Springfield - 1870 - Unknown - 32+ (less Than 33) - Other - NONE -

Barrel marked US 90 Is the barrel original?

Steve- I have never seen, or read of, a U.S. Model 1870 .50-70 rifle that had US 90 marked on the barrel. The barrel may be original and the marking a later addition, or it may be a totally replaced barrel. John Spangler

# 13216 - Weaver 330 Scope
Alan, Jackson Missouri

Weaver - 330 - Don't Know -

Model 330, W.R. Weaver Co., El Paso, Texas U.S.A. I was recently given my grandfather's scope. It is a Weaver Model 330 with a post aimpoint instead of crosshairs. I would like to about the scope and if possible date of manufacture. Thank you

Alan- The Weaver 330 scope was a very good scope, simple, robust and cheap to make. The 330 was introduced in 1930 when it sold for $19 compared to $50 to $70 for the few other makers’ scopes at the time. The Army got about 28,000 of the scopes for use during WW2 on the M1903A4 sniper rifle. Production continued after WW2 for the civilian market, until 1947 when newer designs with larger tubes and lenses were introduced. The 330s were offered with either click or “silent” adjustment knobs and either crosshair or post reticules. Another popular option was a Lee “dot” reticule which was a small to tiny dot seemingly suspended invisibly in the center of the scope. Actually there are superfine little crosshairs supporting the dot, but they really are almost invisible. John Spangler

# 13343 - Springfield 22
Charlie, Wenona, Illinois, USA

Springfield - 86C - .22 - Don't Know -

On the barrel of the gun is the print ''J Stevens Arms Company Chicopee Falls, Mass. U.S.A. Model 86 C- Springfield 22 Short long or long rifle''. My father has a 22 rifle that he has given me to keep coyotes away from my home. He had an interesting and heart warming story that goes along with it, too! On the barrel of the gun is the print ''J Stevens Arms Company Chicopee Falls, Mass. U.S.A. Model 86 C- Springfield 22 Short long or long rifle''. My father remembers buying the rifle either in 1939 or 1940 just before the war started. He went into the war at the age of 17 in 1943. He would have been 13 or 14 years old when he bought the gun. My question for ya'll is, ''What information can be told to me about this old rifle of my dad's, and also what would be important or valuable about this rifle?'' My father would much appreciate any and all info about his ''little huntin' rifle'' he bought years ago. Tanx for all your help, Charlie

Charlie, Stevens sold many different models of inexpensive .22 rifles under the Springfield name. There is not a lot of collectors interest in them or much information available on them. I was unable to find a reference to the 86C in any of my books. Generally these were basic inexpensive simple guns which sold at modest prices and still have little interest or value on market today. On the retail market they usually sell in the $25-125 range depending on condition and general appearance for use as a "wall hanger" over a fireplace. Where there is any family history, we encourage people to keep these old guns for sentimental value. Sorry that I could not tell you that you have a real treasure. Marc

# 13338 - Russian Mod 91/30

Russian - Unknown - 7.62x54 - 26 Inches - Don't Know - 100621 -

on top of receiver behind the rear sight ''Hammer and Sickle stamp'' below that the date ''1913'' below that the sign for omega and the numbers 9621. O n the barrel to the right of the front sight M91/30 7.62x54R Russia. second line C.A.I. ST. ALB. VT. The barrel has a wooden cover with a grove on the bottom that looks like it might have held a ramrod. There is also a metal lined strap hole through it. There is also a strap hole in the stock. Do you have any further information on this rifle other than the fact it is Russian and possibly made in 1913? It is definitely a military rifle.

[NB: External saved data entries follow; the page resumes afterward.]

//! A port in memory, whose connections follow a script.
//!
//! A `Peer` sends its bytes in pieces and takes what is sent to it up to a limit; then it ends, fails or rests. A
//! `Script` is a `Port` of `http_ports` with a list of peers for each slot, which connect one after the other, and an
//! order in which slots have their turn. What contracts see of it is what its peers have sent and got: read
//! `specs/Peers.antt` and `specs/Seats.antt`.
//!
//! It is for whoever serves connections by `http_ports` and wants to see what each gets, without a socket. Serving
//! takes no memory of it.

mod moves;
mod peer;
mod script;
mod seat;
mod seating;

pub use crate::scripts::peer::{Finish, Peer};
pub use crate::scripts::script::Script;
pub use crate::scripts::seat::Seat;
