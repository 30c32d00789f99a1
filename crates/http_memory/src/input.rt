ghost use Rattle.std.specs.Prelude.{◌≡◌, ◌+◌, ◌≤◌, Some, None, length, IfOk, is_ok, if◌then◌else◌};
ghost use Rattle.std.specs.Io.KnownBytes.{ReadConsumes};
ghost use Rattle.http_memory.specs.Calls.{Gives};

use crate::calls::{is_failing, piece_of};
use crate::failures::Failures;
use http_wire::{Failed, Source};

/// A source of bytes in memory.
///
/// A read gives as many of the bytes that are left as fit, but at most a piece. It fails if no more calls are to
/// succeed, and then gives nothing; the reads after that one succeed.
#[derive(Drop)]
pub struct Input<'a> {
    /// The bytes that are left.
    pub left: &'a [u8],
    /// The length of a piece; 0 counts as 1.
    pub piece: usize,
    /// How many more calls succeed before one fails; `None` if all do.
    pub fails_after: Option<usize>,
    /// How many calls failed.
    pub failures: Failures,
}

impl<'a> Input<'a> {
    /// Makes the source of these bytes, whose calls all succeed.
    pub fn new(bytes: &'a [u8], piece: usize) -> Input<'a>
        ensures left { result.left.now ≡ bytes.now }
        ensures piece { result.piece ≡ piece }
        ensures fails { result.fails_after ≡ None }
        ensures failures { result.failures ≡ 0 }
    {
        Input {
            left: bytes,
            piece,
            fails_after: None,
            failures: Failures::none(),
        }
    }
}

impl Source for Input<'_> {
    ghost remaining = { λ input. Some input.left.now };

    ghost failures = { λ input. input.failures };

    fn read(&mut self, into: &mut [u8]) -> Result<usize, Failed>
        ensures gives { Gives self.old self.new into.old into.new result }
        ensures bound { IfOk result (λ count. count ≤ length into.new) }
        ensures bytes { ReadConsumes (Some self.old.left.now) (Some self.new.left.now) result into.new }
        ensures failed { self.new.failures ≡ self.old.failures + (if is_ok result then 0 else 1) }
    {
        if is_failing(&mut self.fails_after) {
            self.failures.count();
            return Err(Failed);
        }
        let count = piece_of(self.piece, self.left.len(), into.len());
        into[..count].copy_from_slice(&self.left[..count]);
        self.left = &self.left[count..];
        Ok(count)
    }
}
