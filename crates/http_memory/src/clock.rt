ghost use Rattle.std.specs.Prelude.{◌≡◌};

use http_desks::Clock;

/// A clock that always gives the same time.
#[derive(Clone, Copy, Drop)]
pub struct FixedClock {
    /// The time, in seconds since 1970.
    pub seconds: u64,
}

impl Clock for FixedClock {
    ghost tells = { λ clock seconds. seconds ≡ clock.seconds };

    fn now(&self) -> u64 {
        self.seconds
    }
}
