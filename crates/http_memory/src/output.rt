ghost use Rattle.std.specs.Prelude.{◌≡◌, ◌+◌, ◌≤◌, ◌<◌, [], Some, None, length, IfOk, is_ok, if◌then◌else◌};
ghost use Rattle.std.specs.Io.KnownBytes.{WriteAppends};
ghost use Rattle.http_memory.specs.Calls.{Accepts};

use crate::calls::{is_failing, piece_of};
use crate::failures::Failures;
use http_wire::{Failed, Sink};
use std::alloc::Global;

/// A sink that keeps what is written in memory.
///
/// A write accepts as many bytes as there are, but at most a piece. It fails if no more calls are to succeed, or
/// memory ran out, and then keeps nothing of it.
#[derive(Drop)]
pub struct Output {
    /// What was written.
    pub bytes: Vec<u8>,
    /// The length of a piece; 0 counts as 1.
    pub piece: usize,
    /// How many more calls succeed before one fails; `None` if all do. Running out of memory isn't one of these failures.
    pub fails_after: Option<usize>,
    /// How many calls succeeded, up to `usize::MAX`.
    pub calls: usize,
    /// How many calls failed.
    pub failures: Failures,
}

impl Output {
    /// Makes a sink to which nothing was written, whose calls all succeed while there is memory.
    pub fn new(alloc: Global, piece: usize) -> Output
        ensures bytes { result.bytes.items ≡ [] }
        ensures piece { result.piece ≡ piece }
        ensures fails { result.fails_after ≡ None }
        ensures counts { (result.calls ≡ 0) × (result.failures ≡ 0) }
    {
        Output {
            bytes: Vec::new(alloc),
            piece,
            fails_after: None,
            calls: 0,
            failures: Failures::none(),
        }
    }
}

impl Sink for Output {
    ghost contents = { λ output. Some output.bytes.items };

    ghost failures = { λ output. output.failures };

    fn write(&mut self, bytes: &[u8]) -> Result<usize, Failed>
        ensures accepts { Accepts self.old self.new bytes.now result }
        ensures bound { IfOk result (λ count. count ≤ length bytes.now) }
        ensures some { IfOk result (λ count. 0 < length bytes.now → 0 < count) }
        ensures bytes { WriteAppends (Some self.old.bytes.items) (Some self.new.bytes.items) result bytes.now }
        ensures failed { self.new.failures ≡ self.old.failures + (if is_ok result then 0 else 1) }
    {
        if is_failing(&mut self.fails_after) {
            self.failures.count();
            return Err(Failed);
        }
        let count = piece_of(self.piece, bytes.len(), bytes.len());
        match self.bytes.extend_from_slice(&bytes[..count]) {
            Ok(()) => {
                self.calls = self.calls.saturating_add(1);
                Ok(count)
            }
            Err(_) => {
                self.failures.count();
                Err(Failed)
            }
        }
    }
}
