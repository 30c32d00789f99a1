ghost use Rattle.std.specs.Prelude.{◌≡◌, [], None};

use crate::input::Input;
use crate::output::Output;
use std::alloc::Global;

/// A connection in memory: what the peer sends, and what it gets.
#[derive(Drop)]
pub struct Connection<'a> {
    /// What the peer sends.
    pub input: Input<'a>,
    /// What the peer gets.
    pub output: Output,
}

impl<'a> Connection<'a> {
    /// Makes the connection of a peer that sends these bytes, and gives and accepts pieces of this length.
    pub fn new(alloc: Global, sent: &'a [u8], piece: usize) -> Connection<'a>
        ensures input { result.input.left.now ≡ sent.now }
        ensures output { result.output.bytes.items ≡ [] }
        ensures pieces { (result.input.piece ≡ piece) × (result.output.piece ≡ piece) }
        ensures fails { (result.input.fails_after ≡ None) × (result.output.fails_after ≡ None) }
        ensures counts { (result.output.calls ≡ 0) × (result.output.failures ≡ 0) × (result.input.failures ≡ 0) }
    {
        Connection {
            input: Input::new(sent, piece),
            output: Output::new(alloc, piece),
        }
    }
}
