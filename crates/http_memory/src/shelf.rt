ghost use Rattle.std.specs.Prelude.{◌≡◌, ◌+◌, ◌≤◌, length, Some};
ghost use Rattle.http_memory.specs.Shelves.{found_file, content_size, part_of_content, part_of_file, find_in, size_found, part_found};
ghost use Rattle.http_desks.specs.Downloads.{bytes_read};

use http_desks::Packages;
use http_wire::Failed;

/// The bytes of a file in memory.
#[derive(Clone, Copy, Drop)]
pub enum Content<'a> {
    /// These.
    Bytes(&'a [u8]),
    /// One byte, so many times.
    Repeated(u8, u64),
}

/// A file in memory.
#[derive(Clone, Copy, Drop)]
pub struct File<'a> {
    /// Its name.
    pub name: &'a [u8],
    /// Its bytes.
    pub content: Content<'a>,
    /// How many of its first bytes can be read: a read of any other fails.
    pub readable: u64,
}

/// The packages of files in memory, by their names. Of two files of one name only the first is found.
#[derive(Clone, Copy, Drop)]
pub struct Shelf<'a> {
    /// The files.
    pub files: &'a [File<'a>],
}

// How many bytes there are.
fn size_of(content: Content<'_>) -> u64
    ensures { result ≡ content_size content.entry }
{
    match content {
        Content::Bytes(bytes) => bytes.len() as u64,
        Content::Repeated(_, size) => size,
    }
}

// Reads a part of a content, which has it.
fn read_content(content: Content<'_>, at: u64, into: &mut [u8])
    requires { at + length into.old ≤ content_size content }
    ensures { into.new ≡ part_of_content content.entry at (length into.old) }
{
    match content {
        Content::Bytes(bytes) => {
            let at = at as usize;
            into.copy_from_slice(&bytes[at..at + into.len()]);
        }
        Content::Repeated(byte, _) => into.fill(byte),
    }
}

// rule: File in memory
// Reads a part of a file, if all of it can be read.
fn read_file(file: &File<'_>, at: u64, into: &mut [u8]) -> Result<(), Failed>
    ensures { bytes_read result into.new ≡ part_of_file file.now at (length into.old) }
{
    let readable = size_of(file.content).min(file.readable);
    if readable < at || readable - at < into.len() as u64 {
        return Err(Failed);
    }
    read_content(file.content, at, into);
    Ok(())
}

// The first file of a name.
fn find<'s, 'a>(files: &'s [File<'a>], name: &[u8]) -> Option<&'s File<'a>>
    ensures { found_file result ≡ find_in files.now name.now }
{
    for file in files {
        if file.name == name {
            return Some(file);
        }
    }
    None
}

impl Packages for Shelf<'_> {
    ghost reads = { λ shelf name at count found. found ≡ part_found (find_in shelf.files.now name) at count };

    ghost sizes = { λ shelf name found. found ≡ size_found (find_in shelf.files.now name) };

    fn size(&self, name: &[u8]) -> Option<u64> {
        match find(self.files, name) {
            Some(file) => Some(size_of(file.content)),
            None => None,
        }
    }

    fn read_at(&self, name: &[u8], at: u64, into: &mut [u8]) -> Result<(), Failed> {
        match find(self.files, name) {
            Some(file) => read_file(file, at, into),
            None => Err(Failed),
        }
    }
}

Richard, one part of your question is easy to answer, your rifle is definitely military. A huge number of surplus military arms like yours have come into the U.S. over the last decade or so from former Soviet block nations. Your rifle is a Model 91/30 that was imported by Century Arms International of St. Albins Vermont.

The Model 91/30 is a modification of an earlier Russian infantry rifle which was originally adopted in 1891. The main difference between the two is that the 1930 version has a shorter barrel.

You did not say whether the serial numbers on the receiver, barrel, bolt and the magazine match. Most of the Russian rifles we see are post war reworks and do not have matching numbers. Marc

# 13337 - 69A Information
Pete, Soldotna, Ask.

Winchester - Model 69-A - .22 - 23''s - Blue - PRE-SERIAL NUMBERS -

In good shape, w/ original sling. Excellent rifling. What's the average value of this rifle? Rough guess is fine. Thx.

Pete, Winchester manufactured about 355,000 Model 69 & 69A rifles between 1935 and 1963. Rifles were not serial number so it is difficult to pin down a date of manufacture. The 69 and the 69A were both 10 shot, bolt action repeaters that came with 25 inch barrels. Standard open sights, or a number 97B rear aperture sight with a number 80A hooded front target sights were offered on both Model 69 and Model 69A rifles. The big difference between 69 and 69A rifles is that the Model 69 was cocked by the closing motion of the bolt which had straight (non-swept back) bolt handle. The 69A was cocked by the opening motion of the bolt and it had a swept back bolt handle.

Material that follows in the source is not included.